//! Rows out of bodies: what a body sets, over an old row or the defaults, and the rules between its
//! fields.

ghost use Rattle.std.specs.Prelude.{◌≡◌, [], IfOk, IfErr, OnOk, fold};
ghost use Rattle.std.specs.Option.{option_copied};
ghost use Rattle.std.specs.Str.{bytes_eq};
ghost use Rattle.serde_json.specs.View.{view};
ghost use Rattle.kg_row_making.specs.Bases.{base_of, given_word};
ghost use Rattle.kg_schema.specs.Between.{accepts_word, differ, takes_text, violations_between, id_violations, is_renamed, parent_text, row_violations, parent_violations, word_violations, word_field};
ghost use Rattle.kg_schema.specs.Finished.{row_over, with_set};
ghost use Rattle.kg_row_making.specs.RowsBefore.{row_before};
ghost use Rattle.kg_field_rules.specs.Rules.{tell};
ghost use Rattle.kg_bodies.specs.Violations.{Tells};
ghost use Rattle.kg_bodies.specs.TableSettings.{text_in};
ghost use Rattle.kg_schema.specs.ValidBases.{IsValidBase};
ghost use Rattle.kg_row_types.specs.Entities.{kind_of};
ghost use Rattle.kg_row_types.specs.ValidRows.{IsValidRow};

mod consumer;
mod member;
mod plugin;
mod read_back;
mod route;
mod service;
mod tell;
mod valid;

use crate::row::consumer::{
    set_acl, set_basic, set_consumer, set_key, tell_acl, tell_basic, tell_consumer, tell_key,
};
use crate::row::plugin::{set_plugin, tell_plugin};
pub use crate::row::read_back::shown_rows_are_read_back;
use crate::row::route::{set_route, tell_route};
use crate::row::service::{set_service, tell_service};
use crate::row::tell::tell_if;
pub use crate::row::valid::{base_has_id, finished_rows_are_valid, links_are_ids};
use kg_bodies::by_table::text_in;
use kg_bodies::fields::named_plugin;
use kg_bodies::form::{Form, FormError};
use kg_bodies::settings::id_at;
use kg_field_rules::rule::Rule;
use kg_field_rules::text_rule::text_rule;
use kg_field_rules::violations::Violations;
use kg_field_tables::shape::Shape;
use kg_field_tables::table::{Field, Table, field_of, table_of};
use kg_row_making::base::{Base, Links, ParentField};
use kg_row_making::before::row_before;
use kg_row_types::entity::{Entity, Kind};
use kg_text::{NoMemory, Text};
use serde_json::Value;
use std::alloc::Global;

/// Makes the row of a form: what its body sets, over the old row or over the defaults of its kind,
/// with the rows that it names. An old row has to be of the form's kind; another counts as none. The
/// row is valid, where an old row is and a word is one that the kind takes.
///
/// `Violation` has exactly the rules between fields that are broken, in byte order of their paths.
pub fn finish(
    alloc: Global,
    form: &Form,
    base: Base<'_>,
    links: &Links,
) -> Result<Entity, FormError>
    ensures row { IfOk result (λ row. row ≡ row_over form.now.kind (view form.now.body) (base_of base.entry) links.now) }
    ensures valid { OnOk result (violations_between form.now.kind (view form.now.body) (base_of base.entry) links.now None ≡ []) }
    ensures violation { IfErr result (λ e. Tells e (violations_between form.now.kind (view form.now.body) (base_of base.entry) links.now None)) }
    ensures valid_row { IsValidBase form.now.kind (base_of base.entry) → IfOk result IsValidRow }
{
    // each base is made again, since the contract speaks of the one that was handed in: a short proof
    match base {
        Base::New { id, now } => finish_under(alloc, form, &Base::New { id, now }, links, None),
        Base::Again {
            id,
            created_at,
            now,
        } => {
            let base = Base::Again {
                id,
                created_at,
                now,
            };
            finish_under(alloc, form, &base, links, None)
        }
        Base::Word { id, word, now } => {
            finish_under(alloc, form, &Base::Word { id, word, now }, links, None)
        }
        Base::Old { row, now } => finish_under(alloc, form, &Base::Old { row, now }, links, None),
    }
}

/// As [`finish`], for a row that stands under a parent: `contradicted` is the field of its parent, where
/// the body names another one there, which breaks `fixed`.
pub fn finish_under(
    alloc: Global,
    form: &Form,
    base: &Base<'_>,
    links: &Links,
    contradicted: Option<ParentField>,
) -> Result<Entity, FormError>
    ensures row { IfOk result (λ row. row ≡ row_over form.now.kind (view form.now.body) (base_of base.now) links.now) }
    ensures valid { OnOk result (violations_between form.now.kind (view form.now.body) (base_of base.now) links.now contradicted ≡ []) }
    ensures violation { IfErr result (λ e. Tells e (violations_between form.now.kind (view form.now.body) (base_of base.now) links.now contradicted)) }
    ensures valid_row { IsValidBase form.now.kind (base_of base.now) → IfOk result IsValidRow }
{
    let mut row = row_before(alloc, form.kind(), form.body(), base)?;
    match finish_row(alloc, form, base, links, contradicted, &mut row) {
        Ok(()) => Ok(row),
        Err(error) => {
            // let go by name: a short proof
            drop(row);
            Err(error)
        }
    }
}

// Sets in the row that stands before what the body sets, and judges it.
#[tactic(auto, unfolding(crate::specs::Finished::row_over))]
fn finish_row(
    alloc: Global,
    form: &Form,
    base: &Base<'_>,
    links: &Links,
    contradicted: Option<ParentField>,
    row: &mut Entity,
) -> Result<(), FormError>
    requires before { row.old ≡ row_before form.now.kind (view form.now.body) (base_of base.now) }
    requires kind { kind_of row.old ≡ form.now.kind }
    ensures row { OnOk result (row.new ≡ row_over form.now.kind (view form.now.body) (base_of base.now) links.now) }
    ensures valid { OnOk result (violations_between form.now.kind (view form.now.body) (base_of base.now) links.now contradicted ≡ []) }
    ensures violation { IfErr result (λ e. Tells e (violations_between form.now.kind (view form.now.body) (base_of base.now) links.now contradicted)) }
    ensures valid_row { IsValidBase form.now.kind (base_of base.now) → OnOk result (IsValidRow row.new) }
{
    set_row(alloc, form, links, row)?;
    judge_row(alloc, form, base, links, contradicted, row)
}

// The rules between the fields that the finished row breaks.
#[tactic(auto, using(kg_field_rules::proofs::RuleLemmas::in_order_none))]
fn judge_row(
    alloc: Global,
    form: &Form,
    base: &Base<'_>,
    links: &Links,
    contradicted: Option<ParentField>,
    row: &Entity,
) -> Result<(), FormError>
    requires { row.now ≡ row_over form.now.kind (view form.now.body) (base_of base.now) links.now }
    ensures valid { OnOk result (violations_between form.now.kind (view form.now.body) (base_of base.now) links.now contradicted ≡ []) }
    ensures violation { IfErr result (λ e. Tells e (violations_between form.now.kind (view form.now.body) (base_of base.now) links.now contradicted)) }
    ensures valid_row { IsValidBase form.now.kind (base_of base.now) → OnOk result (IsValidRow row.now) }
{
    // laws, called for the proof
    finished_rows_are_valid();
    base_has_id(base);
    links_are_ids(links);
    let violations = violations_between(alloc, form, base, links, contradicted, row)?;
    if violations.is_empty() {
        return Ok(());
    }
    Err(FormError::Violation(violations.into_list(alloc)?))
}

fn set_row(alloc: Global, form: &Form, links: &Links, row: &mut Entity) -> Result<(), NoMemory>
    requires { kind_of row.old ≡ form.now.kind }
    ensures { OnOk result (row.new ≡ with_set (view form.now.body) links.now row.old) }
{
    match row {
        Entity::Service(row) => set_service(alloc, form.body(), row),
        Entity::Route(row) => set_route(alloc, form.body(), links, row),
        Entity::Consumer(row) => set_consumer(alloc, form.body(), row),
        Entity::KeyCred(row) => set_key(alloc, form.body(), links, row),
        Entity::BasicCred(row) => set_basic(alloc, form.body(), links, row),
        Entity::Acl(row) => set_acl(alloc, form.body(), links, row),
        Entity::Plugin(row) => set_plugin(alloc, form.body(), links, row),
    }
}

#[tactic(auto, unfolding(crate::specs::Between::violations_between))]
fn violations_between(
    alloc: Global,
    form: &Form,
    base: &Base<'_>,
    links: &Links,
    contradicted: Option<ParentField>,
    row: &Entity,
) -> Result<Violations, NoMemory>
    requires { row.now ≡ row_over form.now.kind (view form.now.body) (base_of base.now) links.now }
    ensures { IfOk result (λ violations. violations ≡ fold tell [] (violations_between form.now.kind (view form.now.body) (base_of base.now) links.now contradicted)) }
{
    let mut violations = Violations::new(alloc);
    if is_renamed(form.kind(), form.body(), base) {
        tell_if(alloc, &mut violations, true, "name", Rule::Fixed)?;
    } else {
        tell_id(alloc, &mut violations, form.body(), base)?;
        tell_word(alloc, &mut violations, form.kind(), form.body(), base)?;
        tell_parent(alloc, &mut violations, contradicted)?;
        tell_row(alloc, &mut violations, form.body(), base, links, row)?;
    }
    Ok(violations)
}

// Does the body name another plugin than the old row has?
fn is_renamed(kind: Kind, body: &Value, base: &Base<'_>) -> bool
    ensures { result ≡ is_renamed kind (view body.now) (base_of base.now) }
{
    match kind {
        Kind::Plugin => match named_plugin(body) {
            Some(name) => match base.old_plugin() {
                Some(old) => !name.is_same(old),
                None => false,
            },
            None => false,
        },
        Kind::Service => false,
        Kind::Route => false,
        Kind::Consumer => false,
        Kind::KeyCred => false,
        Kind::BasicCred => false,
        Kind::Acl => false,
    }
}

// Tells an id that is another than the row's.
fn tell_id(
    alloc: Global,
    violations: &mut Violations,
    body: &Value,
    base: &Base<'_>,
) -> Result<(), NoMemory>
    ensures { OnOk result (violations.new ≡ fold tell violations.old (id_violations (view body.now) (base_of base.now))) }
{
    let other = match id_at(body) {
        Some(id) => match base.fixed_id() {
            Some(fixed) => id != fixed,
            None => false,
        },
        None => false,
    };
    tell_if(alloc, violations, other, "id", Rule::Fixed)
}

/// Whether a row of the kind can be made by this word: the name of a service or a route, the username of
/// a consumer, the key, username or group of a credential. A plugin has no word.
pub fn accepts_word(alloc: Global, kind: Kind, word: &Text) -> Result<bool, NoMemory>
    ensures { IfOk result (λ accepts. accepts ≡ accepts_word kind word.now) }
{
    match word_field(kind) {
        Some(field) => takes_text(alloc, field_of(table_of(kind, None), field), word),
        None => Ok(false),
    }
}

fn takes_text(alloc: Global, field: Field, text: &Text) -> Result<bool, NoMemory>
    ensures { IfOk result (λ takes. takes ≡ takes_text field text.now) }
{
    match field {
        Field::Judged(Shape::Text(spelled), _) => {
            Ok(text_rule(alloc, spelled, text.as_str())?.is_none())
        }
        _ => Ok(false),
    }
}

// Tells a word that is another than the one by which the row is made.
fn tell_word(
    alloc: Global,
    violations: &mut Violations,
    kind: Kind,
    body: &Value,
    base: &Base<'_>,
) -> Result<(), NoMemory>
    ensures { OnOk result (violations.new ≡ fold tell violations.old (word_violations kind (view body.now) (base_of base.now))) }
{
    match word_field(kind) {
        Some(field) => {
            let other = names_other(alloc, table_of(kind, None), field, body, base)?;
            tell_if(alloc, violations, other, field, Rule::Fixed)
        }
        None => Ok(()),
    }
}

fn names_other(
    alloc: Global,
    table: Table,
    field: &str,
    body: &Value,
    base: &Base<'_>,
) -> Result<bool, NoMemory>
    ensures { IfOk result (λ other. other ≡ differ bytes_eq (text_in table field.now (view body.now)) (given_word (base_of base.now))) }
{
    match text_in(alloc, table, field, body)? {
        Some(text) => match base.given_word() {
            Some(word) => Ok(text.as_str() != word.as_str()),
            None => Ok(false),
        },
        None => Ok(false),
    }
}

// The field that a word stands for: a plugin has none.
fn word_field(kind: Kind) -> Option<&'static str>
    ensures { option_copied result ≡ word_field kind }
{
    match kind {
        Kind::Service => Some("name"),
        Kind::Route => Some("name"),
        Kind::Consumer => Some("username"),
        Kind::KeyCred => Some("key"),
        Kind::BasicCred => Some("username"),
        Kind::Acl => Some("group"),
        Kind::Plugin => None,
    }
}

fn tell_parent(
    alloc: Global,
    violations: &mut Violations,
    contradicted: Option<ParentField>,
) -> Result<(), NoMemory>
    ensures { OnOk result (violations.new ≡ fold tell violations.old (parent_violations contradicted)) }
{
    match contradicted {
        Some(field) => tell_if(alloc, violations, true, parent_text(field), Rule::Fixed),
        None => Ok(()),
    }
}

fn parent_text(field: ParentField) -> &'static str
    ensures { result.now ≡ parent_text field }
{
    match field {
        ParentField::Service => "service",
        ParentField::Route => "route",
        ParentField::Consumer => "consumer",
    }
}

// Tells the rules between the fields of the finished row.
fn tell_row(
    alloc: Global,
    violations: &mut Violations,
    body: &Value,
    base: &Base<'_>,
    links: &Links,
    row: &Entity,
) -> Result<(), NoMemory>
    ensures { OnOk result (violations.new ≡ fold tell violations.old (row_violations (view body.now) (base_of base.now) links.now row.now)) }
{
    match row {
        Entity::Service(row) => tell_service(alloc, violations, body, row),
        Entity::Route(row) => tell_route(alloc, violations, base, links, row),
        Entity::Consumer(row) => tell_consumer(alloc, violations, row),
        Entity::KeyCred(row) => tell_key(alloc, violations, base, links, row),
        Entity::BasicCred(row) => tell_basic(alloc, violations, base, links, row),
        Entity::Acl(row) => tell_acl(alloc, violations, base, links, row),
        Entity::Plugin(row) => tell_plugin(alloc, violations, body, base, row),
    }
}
...
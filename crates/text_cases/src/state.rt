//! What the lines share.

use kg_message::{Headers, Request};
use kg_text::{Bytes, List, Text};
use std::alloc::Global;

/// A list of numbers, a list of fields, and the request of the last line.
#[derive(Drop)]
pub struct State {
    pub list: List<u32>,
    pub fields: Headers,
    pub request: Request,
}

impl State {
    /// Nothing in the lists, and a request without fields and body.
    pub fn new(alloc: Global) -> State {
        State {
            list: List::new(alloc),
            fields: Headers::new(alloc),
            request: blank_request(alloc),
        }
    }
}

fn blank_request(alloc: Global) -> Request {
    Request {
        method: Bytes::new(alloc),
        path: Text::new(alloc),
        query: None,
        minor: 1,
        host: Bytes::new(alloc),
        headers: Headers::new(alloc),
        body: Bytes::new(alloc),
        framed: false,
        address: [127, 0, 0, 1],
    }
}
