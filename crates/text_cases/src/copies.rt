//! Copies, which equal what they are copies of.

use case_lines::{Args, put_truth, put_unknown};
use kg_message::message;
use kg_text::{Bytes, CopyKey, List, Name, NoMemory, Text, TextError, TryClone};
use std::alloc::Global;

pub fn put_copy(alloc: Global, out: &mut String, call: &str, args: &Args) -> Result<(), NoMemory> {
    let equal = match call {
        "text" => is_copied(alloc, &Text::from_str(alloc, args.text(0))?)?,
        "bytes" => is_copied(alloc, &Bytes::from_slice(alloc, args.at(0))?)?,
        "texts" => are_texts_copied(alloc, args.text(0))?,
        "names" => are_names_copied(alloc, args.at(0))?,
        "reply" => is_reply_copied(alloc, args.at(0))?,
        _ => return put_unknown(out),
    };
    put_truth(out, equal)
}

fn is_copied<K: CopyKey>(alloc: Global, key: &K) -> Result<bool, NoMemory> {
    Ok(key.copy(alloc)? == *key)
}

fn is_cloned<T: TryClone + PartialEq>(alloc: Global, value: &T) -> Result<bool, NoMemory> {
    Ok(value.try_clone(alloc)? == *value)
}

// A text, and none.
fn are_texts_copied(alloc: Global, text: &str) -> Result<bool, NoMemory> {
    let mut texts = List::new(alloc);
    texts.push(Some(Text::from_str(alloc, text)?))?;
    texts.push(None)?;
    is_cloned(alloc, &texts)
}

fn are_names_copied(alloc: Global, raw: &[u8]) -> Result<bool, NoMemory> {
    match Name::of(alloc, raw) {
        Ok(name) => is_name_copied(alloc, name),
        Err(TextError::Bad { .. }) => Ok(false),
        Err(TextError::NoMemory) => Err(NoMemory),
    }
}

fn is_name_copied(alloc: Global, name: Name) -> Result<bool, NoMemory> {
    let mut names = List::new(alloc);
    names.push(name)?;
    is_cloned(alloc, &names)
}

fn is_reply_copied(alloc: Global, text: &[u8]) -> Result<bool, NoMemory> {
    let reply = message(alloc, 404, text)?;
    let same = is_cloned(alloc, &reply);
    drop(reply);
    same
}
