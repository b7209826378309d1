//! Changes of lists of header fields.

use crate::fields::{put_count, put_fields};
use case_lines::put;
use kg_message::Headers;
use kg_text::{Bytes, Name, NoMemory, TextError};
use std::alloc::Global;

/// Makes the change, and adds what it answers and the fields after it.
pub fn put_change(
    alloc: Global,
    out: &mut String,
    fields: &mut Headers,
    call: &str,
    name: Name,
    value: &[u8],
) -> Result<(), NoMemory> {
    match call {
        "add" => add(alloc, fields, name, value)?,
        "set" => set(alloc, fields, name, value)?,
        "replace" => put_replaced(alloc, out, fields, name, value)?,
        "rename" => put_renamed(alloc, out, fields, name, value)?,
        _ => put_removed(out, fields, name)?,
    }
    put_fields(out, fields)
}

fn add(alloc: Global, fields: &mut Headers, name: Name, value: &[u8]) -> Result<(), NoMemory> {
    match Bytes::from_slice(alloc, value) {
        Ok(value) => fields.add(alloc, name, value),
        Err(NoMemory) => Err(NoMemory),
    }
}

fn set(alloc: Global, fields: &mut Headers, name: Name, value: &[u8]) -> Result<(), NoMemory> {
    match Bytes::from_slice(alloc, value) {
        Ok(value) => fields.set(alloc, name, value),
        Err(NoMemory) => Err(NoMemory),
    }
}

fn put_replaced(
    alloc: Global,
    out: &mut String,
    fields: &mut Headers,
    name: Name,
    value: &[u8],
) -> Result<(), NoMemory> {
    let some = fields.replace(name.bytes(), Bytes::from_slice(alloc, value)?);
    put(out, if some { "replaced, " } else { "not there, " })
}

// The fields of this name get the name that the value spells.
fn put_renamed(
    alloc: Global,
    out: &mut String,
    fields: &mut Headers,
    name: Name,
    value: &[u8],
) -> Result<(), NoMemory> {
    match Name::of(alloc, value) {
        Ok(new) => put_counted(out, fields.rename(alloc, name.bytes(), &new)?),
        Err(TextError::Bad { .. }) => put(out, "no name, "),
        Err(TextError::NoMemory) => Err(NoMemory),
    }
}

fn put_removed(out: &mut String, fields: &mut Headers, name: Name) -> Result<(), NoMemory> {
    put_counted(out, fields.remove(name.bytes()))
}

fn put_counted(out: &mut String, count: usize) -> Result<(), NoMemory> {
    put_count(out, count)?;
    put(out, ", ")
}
---
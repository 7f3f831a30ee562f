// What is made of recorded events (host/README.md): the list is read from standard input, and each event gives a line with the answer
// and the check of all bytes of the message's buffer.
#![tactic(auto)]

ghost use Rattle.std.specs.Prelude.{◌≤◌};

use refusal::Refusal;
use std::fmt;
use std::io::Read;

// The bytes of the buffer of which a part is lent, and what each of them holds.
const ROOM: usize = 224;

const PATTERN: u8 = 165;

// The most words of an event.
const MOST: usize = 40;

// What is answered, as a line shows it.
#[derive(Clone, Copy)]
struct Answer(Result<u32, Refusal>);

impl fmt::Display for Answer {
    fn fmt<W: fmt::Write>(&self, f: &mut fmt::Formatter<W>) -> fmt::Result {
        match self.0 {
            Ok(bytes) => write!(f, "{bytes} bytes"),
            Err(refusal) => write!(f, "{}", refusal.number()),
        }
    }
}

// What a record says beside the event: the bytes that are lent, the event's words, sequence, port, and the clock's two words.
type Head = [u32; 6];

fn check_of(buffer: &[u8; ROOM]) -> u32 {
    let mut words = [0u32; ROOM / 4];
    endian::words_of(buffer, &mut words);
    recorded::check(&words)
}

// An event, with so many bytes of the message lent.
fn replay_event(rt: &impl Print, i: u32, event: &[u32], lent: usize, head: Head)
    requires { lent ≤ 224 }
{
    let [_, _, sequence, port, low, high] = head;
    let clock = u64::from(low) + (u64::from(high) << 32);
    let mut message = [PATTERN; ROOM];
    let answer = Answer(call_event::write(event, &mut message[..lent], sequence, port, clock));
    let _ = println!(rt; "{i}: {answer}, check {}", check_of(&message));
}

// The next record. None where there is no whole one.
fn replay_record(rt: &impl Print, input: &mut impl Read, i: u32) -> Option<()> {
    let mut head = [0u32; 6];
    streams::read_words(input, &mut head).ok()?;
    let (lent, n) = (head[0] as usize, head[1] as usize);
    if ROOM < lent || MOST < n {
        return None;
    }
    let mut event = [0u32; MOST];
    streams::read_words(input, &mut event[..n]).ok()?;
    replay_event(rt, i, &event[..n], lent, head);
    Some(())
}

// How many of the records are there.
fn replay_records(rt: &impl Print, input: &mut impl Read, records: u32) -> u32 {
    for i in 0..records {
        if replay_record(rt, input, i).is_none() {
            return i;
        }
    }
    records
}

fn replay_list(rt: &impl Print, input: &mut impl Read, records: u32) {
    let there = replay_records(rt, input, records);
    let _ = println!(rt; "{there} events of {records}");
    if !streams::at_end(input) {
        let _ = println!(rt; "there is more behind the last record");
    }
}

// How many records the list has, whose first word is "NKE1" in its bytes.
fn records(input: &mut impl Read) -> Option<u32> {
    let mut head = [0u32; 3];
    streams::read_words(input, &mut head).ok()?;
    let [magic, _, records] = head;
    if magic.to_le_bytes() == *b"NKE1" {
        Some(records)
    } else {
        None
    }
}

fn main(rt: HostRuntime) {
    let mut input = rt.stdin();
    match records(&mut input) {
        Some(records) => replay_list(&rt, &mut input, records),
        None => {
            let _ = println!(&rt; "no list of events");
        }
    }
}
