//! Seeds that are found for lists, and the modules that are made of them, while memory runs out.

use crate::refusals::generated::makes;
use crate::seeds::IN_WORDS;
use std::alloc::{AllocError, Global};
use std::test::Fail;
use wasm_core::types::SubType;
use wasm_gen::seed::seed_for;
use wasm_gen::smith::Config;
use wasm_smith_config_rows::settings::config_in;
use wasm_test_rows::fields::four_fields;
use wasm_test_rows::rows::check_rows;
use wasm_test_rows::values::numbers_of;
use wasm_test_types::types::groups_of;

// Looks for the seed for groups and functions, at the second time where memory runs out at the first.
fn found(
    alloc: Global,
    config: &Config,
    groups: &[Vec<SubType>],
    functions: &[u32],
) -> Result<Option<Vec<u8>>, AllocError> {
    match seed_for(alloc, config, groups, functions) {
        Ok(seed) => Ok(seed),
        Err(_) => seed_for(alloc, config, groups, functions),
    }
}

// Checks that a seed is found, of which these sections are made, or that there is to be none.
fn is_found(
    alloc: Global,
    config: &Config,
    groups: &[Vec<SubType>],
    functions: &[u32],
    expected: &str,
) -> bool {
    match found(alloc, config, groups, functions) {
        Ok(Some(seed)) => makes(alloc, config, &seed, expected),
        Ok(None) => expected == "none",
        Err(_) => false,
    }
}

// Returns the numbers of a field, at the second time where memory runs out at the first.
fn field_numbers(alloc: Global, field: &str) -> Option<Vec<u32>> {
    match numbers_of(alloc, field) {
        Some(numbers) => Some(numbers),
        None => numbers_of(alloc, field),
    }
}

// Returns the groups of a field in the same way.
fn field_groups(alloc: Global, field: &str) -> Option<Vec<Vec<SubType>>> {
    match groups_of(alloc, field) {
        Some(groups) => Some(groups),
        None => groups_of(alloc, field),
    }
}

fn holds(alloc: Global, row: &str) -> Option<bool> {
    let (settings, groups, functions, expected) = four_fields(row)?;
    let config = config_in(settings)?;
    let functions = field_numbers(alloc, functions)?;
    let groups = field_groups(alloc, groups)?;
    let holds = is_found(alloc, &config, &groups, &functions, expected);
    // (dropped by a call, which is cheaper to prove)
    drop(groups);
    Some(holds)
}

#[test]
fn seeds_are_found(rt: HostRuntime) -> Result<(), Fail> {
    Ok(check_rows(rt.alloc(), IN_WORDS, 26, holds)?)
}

• _What to work on_: Given the records above, restate word for word only the lines starting at the one with "use kg_field_rules::rule::Rule;" and ending at the one with "base.entry) links.now None))".

• _Response to the exercise_:
use kg_field_rules::rule::Rule;
use kg_field_rules::text_rule::text_rule;
use kg_field_rules::violations::Violations;
use kg_field_tables::shape::Shape;
use kg_field_tables::table::{Field, Table, field_of, table_of};
use kg_row_making::base::{Base, Links, ParentField};
use kg_row_making::before::row_before;
use kg_row_types::entity::{Entity, Kind};
use kg_text::{NoMemory, Text};
use serde_json::Value;
use std::alloc::Global;

/// Makes the row of a form: what its body sets, over the old row or over the defaults of its kind,
/// with the rows that it names. An old row has to be of the form's kind; another counts as none. The
/// row is valid, where an old row is and a word is one that the kind takes.
///
/// `Violation` has exactly the rules between fields that are broken, in byte order of their paths.
pub fn finish(
    alloc: Global,
    form: &Form,
    base: Base<'_>,
    links: &Links,
) -> Result<Entity, FormError>
    ensures row { IfOk result (λ row. row ≡ row_over form.now.kind (view form.now.body) (base_of base.entry) links.now) }
    ensures valid { OnOk result (violations_between form.now.kind (view form.now.body) (base_of base.entry) links.now None ≡ []) }
    ensures violation { IfErr result (λ e. Tells e (violations_between form.now.kind (view form.now.body) (base_of base.entry) links.now None)) }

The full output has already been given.